By the early 1990s, fat-free food products had taken over supermarket shelves, and the fat-free label now adorned everything from salad dressings, mayonnaise, and sour cream to Fig Newtons and other cookies. jane snow from the Akron Beacon Journal reported in June 1992 that the advent of such fat-free items was in response to 44 percent of Americans saying they wanted to limit fat in their diets, but also said there was a catch involved. “With few exceptions, the price of fat-free products is higher than that of regular items,” Snow wrote. “Miracle Whip Free was $1.49 in a store, compared to Miracle Whip at $1.39. The Kraft Free Singles Cheese was $2.49 and the regular Kraft Singles was $2.29.”

Snow also provided a graph showing that the price paid ultimately resulted in very little caloric difference per serving, with fat-free offerings often providing a material reduction of only 10 to 20 calories per serving, while in some cases , the fat-free products provided even more calories.

With “diet” products like this, it’s no wonder Americans continued to gain weight despite eating so much fat-free food. “Fat-free food sounds magical,” said a spokesperson for the American Dietetic Association (now the Academy of Nutrition and Dietetics). the tennessean in January 1996. “We might think we can eat all we want and still get fat, but that’s just not the case.”

Marli Murphy of the kansas city star reported later that same year that Americans had reduced their fat intake by about 16 percent between the 1970s and 1990s, but still weighed about 12 pounds more on average than they did in 1978. sugar, Murphy reported how the USDA attributed the unwanted weight gain to a reduction in physical exercise. “A lot of us, it seems, are just sitting on our fatty acids,” Murphy joked.

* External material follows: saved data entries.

/// Parses the command line. Returns `None` if it is invalid.
///
/// # Errors
///
/// Returns `AllocError` if an allocation for the calls of `play` fails. No other command allocates.
pub fn read_words<'a>(alloc: Global, words: &'a [String]) -> Result<Option<Command<'a>>, AllocError>
    ensures asked { IfOk result (λ command.
        MatchOption command (AsksNothing words.now) (Asks words.now)) }

    // Only the calls of `play` allocate.
    ensures refused { OnErr result (AsksPlay words.now) }
{
    if wants_help(words) {
        return Ok(Some(Command::Help));
    }
    if asks_version(words) {
        return Ok(Some(Command::Version));
    }
    let line = Line::of(words);
    if let Some(command) = format_of(words, line) {
        return Ok(Some(command));
    }
    run_of(alloc, words, line)
}

/// Returns `true` if a word is recognizable as a file name: it is `-`, or it contains `.` or `/`
/// and does not begin with a dash.
pub(crate) fn looks_like_file(word: &String) -> bool
    ensures { result ≡ looks_like_file word.now }
{
    let bytes = word.as_bytes();
    word.as_str() == "-" || (is_file(word) && (bytes.contains(&b'.') || bytes.contains(&b'/')))
}

/// Returns `true` if a word is valid without a file of its name: it is `help`, a command, or
/// recognizable as a file name.
fn is_known(word: &String) -> bool
    ensures { result ≡ is_known word.now }
{
    word.as_str() == "help" || verb_named(word).is_some() || looks_like_file(word)
}

/// Returns the first word after the leading options if it is meaningful only as the name of an
/// existing file: it is neither an option nor a command, nor recognizable as a file name.
pub fn file_in_question(words: &[String]) -> Option<&str>
    ensures { option_map (λ w. w.now) result
        ≡ option_map string_bytes (file_in_question words.now) }
{
    let Some((word, _)) = after_front(words).split_first() else {
        return None;
    };
    if is_known(word) || !is_file(word) {
        return None;
    }
    Some(word.as_str())
}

Soon, however, the fat-free jig was ready. In the late 1990s, there was an 11 percentage point reduction in the number of American households that regularly purchased such items. Still, it took yet another decade before health columnists finally had carte blanche to drive a sharp stake through the heart of the fat-free movement. “Sometimes we tend to overeat fat-free foods because we think, ‘Oh, this is fat-free, I can eat as much as I want,'” Lacy Ngo of Rock Hill Herald he wrote, now stating the obvious. “Fat-free products will have calories, so you have to stick to one serving size or you’ll end up eating the same or more calories than you would with the higher-fat product.”

At long last, consumers were finally being fed the big truth.